DATA IN THIS EXERCISE section start

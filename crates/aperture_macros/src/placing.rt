//! Where a figure is set down.
ghost use Rattle.std.specs.Prelude.{◌≡◌};
ghost use Rattle.planar.specs.Plane.{IsPlaced, IsReachable};
ghost use Rattle.aperture_macros.specs.Images.{set_down};

use crate::primitive::Rotation;
use planar::Spot;

/// How a figure about the origin of its macro is set down: turned counterclockwise about the origin,
/// and then moved to a spot within 1 m of 0.
#[derive(Clone, Copy)]
pub struct Placing {
    pub rotation: Rotation,
    pub at: Spot,
    ghost placed: { IsPlaced at },
}

impl Placing {
    /// Where a spot of the figure comes to lie.
    pub fn moved(&self, p: Spot) -> Spot
        requires near { IsReachable p }
        ensures { result ≡ set_down self.now.rotation self.now.at p }
    {
        let at = self.at;
        match self.rotation {
            Rotation::Unturned => Spot {
                x: at.x + p.x,
                y: at.y + p.y,
            },
            Rotation::Quarter => Spot {
                x: at.x - p.y,
                y: at.y + p.x,
            },
            Rotation::Half => Spot {
                x: at.x - p.x,
                y: at.y - p.y,
            },
            Rotation::ThreeQuarters => Spot {
                x: at.x + p.y,
                y: at.y - p.x,
            },
        }
    }
}
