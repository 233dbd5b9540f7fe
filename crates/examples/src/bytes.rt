// Numbers and parts of a case. What is not there reads as 0, and a part is as long as what is there.
ghost use Rattle.std.specs.Prelude.{◌≡◌, length};

// One byte at a place.
pub(crate) fn byte(s: &[u8], at: usize) -> u8 {
    s.get(at).copied().unwrap_or(0)
}

// Two bytes at a place.
pub(crate) fn u16_at(s: &[u8], at: usize) -> u16 {
    filled_numbers::u16_of(s, at) as u16
}

// The bytes from a place on.
pub(crate) fn from(s: &[u8], at: usize) -> &[u8] {
    s.get(at..).unwrap_or(&[])
}

// The first n items; all where there are fewer.
pub(crate) fn front<T>(s: &[T], n: usize) -> &[T] {
    s.get(..n).unwrap_or(s)
}

// Puts a byte at a place; nothing where there is no room.
pub(crate) fn put(out: &mut [u8], at: usize, b: u8)
    ensures { length out.new ≡ length out.old }
{
    if let Some(place) = out.get_mut(at) {
        *place = b;
    }
}
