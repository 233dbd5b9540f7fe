// What the writer answers, and whether what it writes reads back as the same.
use crate::readers::LayoutCase;
use crate::{bytes, readers, rows, show};
use layout::{Accepted, ReadError};
use std::alloc::Global;
use std::io;
use std::io::Write;

// A layout of a case, read, written and read again.
pub(crate) fn again(out: &mut impl Write, alloc: Global, layout: LayoutCase) -> io::Result<()> {
    let mut table = rows::space(alloc)?;
    match layout::read_layout_rows(layout.bytes, false, &mut table) {
        Ok(Accepted { version, rows: n }) => {
            let version = (version % 65536) as u16;
            write(out, rows::front(&table, n), layout, version, &mut [7; 4096])
        }
        Err(ReadError::Short(needed)) => writeln!(out, "short {}", needed.rows),
        Err(ReadError::Refused(why)) => show::refused(out, why),
    }
}

// The rows of a case: written and read again; then what the rules say of them, by search and marked.
pub(crate) fn rows(
    out: &mut impl Write,
    alloc: Global,
    s: &[u8],
    sheet: &[u16; 520],
) -> io::Result<()> {
    let version = bytes::u16_at(s, 2);
    let room = usize::from(bytes::u16_at(s, 4)).min(4096);
    let more = usize::from(bytes::u16_at(s, 6));
    let texts = usize::from(bytes::u16_at(s, 8));
    let numbers = bytes::from(s, 10 + texts);
    let rows = rows::load(alloc, numbers, numbers.len() / 36 + more)?;
    let texts = LayoutCase {
        width: bytes::u16_at(s, 0),
        sheet,
        bytes: bytes::front(bytes::from(s, 10), texts),
    };
    write(out, &rows, texts, version, &mut [7; 4096][..room])?;
    out.write_all(b"  rules")?;
    readers::rules_of_rows(out, &rows, texts)
}

// Writes rows whose texts are in `texts`, and says what came of it. The room for them is full of sevens.
fn write(
    out: &mut impl Write,
    rows: &[u32],
    texts: LayoutCase,
    version: u16,
    room: &mut [u8],
) -> io::Result<()> {
    match writer::write_layout(rows, texts.bytes, version, texts.width, texts.sheet, room) {
        Ok(n) => {
            let bytes = bytes::front(room, n);
            let is_same = reads_back(rows, texts.bytes, version, bytes);
            out.write_all(b"written ")?;
            show::hex(out, bytes)?;
            writeln!(out, " {}", if is_same { "same" } else { "different" })
        }
        Err(why) => {
            let is_untouched = room.iter().all(|x| *x == 7);
            let written = if is_untouched { "no byte" } else { "bytes" };
            writeln!(out, "refused {}, {written} written", show::Told(Some(why)))
        }
    }
}

// Whether what was written is read back with this version and these rows.
fn reads_back(rows: &[u32], text: &[u8], version: u16, bytes: &[u8]) -> bool {
    let mut table = [0u32; 4608];
    match layout::read_layout_rows(bytes, false, &mut table) {
        Ok(read) => {
            read.version == usize::from(version)
                && read.rows == rows.len() / 9
                && rows::same(rows, text, rows::front(&table, read.rows), bytes)
        }
        Err(_) => false,
    }
}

DATA IN THIS EXERCISE section end

> **TASK ITEM**
Each line of the data above must be restated word for word.

> **ANSWER TO THIS PROBLEM**
filename crates/aperture_macros/src/placing.rt
//! Where a figure is set down.
ghost use Rattle.std.specs.Prelude.{◌≡◌};
ghost use Rattle.planar.specs.Plane.{IsPlaced, IsReachable};
ghost use Rattle.aperture_macros.specs.Images.{set_down};

use crate::primitive::Rotation;
use planar::Spot;

/// How a figure about the origin of its macro is set down: turned counterclockwise about the origin,
/// and then moved to a spot within 1 m of 0.
#[derive(Clone, Copy)]
pub struct Placing {
    pub rotation: Rotation,
    pub at: Spot,
    ghost placed: { IsPlaced at },
}

impl Placing {
    /// Where a spot of the figure comes to lie.
    pub fn moved(&self, p: Spot) -> Spot
        requires near { IsReachable p }
        ensures { result ≡ set_down self.now.rotation self.now.at p }
    {
        let at = self.at;
        match self.rotation {
            Rotation::Unturned => Spot {
                x: at.x + p.x,
                y: at.y + p.y,
            },
            Rotation::Quarter => Spot {
                x: at.x - p.y,
                y: at.y + p.x,
            },
            Rotation::Half => Spot {
                x: at.x - p.x,
                y: at.y - p.y,
            },
            Rotation::ThreeQuarters => Spot {
                x: at.x + p.y,
                y: at.y - p.x,
            },
        }
    }
}
repository 233dbd5b9540f7fe
filename crates/examples/src/bytes.rt
// Numbers and parts of a case. What is not there reads as 0, and a part is as long as what is there.
ghost use Rattle.std.specs.Prelude.{◌≡◌, length};

// One byte at a place.
pub(crate) fn byte(s: &[u8], at: usize) -> u8 {
    s.get(at).copied().unwrap_or(0)
}

// Two bytes at a place.
pub(crate) fn u16_at(s: &[u8], at: usize) -> u16 {
    filled_numbers::u16_of(s, at) as u16
}

// The bytes from a place on.
pub(crate) fn from(s: &[u8], at: usize) -> &[u8] {
    s.get(at..).unwrap_or(&[])
}

// The first n items; all where there are fewer.
pub(crate) fn front<T>(s: &[T], n: usize) -> &[T] {
    s.get(..n).unwrap_or(s)
}

// Puts a byte at a place; nothing where there is no room.
pub(crate) fn put(out: &mut [u8], at: usize, b: u8)
    ensures { length out.new ≡ length out.old }
{
    if let Some(place) = out.get_mut(at) {
        *place = b;
    }
}
repository 233dbd5b9540f7fe
// What the writer answers, and whether what it writes reads back as the same.
use crate::readers::LayoutCase;
use crate::{bytes, readers, rows, show};
use layout::{Accepted, ReadError};
use std::alloc::Global;
use std::io;
use std::io::Write;

// A layout of a case, read, written and read again.
pub(crate) fn again(out: &mut impl Write, alloc: Global, layout: LayoutCase) -> io::Result<()> {
    let mut table = rows::space(alloc)?;
    match layout::read_layout_rows(layout.bytes, false, &mut table) {
        Ok(Accepted { version, rows: n }) => {
            let version = (version % 65536) as u16;
            write(out, rows::front(&table, n), layout, version, &mut [7; 4096])
        }
        Err(ReadError::Short(needed)) => writeln!(out, "short {}", needed.rows),
        Err(ReadError::Refused(why)) => show::refused(out, why),
    }
}

// The rows of a case: written and read again; then what the rules say of them, by search and marked.
pub(crate) fn rows(
    out: &mut impl Write,
    alloc: Global,
    s: &[u8],
    sheet: &[u16; 520],
) -> io::Result<()> {
    let version = bytes::u16_at(s, 2);
    let room = usize::from(bytes::u16_at(s, 4)).min(4096);
    let more = usize::from(bytes::u16_at(s, 6));
    let texts = usize::from(bytes::u16_at(s, 8));
    let numbers = bytes::from(s, 10 + texts);
    let rows = rows::load(alloc, numbers, numbers.len() / 36 + more)?;
    let texts = LayoutCase {
        width: bytes::u16_at(s, 0),
        sheet,
        bytes: bytes::front(bytes::from(s, 10), texts),
    };
    write(out, &rows, texts, version, &mut [7; 4096][..room])?;
    out.write_all(b"  rules")?;
    readers::rules_of_rows(out, &rows, texts)
}

// Writes rows whose texts are in `texts`, and says what came of it. The room for them is full of sevens.
fn write(
    out: &mut impl Write,
    rows: &[u32],
    texts: LayoutCase,
    version: u16,
    room: &mut [u8],
) -> io::Result<()> {
    match writer::write_layout(rows, texts.bytes, version, texts.width, texts.sheet, room) {
        Ok(n) => {
            let bytes = bytes::front(room, n);
            let is_same = reads_back(rows, texts.bytes, version, bytes);
            out.write_all(b"written ")?;
            show::hex(out, bytes)?;
            writeln!(out, " {}", if is_same { "same" } else { "different" })
        }
        Err(why) => {
            let is_untouched = room.iter().all(|x| *x == 7);
            let written = if is_untouched { "no byte" } else { "bytes" };
            writeln!(out, "refused {}, {written} written", show::Told(Some(why)))
        }
    }
}

// Whether what was written is read back with this version and these rows.
fn reads_back(rows: &[u32], text: &[u8], version: u16, bytes: &[u8]) -> bool {
    let mut table = [0u32; 4608];
    match layout::read_layout_rows(bytes, false, &mut table) {
        Ok(read) => {
            read.version == usize::from(version)
                && read.rows == rows.len() / 9
                && rows::same(rows, text, rows::front(&table, read.rows), bytes)
        }
        Err(_) => false,
    }
}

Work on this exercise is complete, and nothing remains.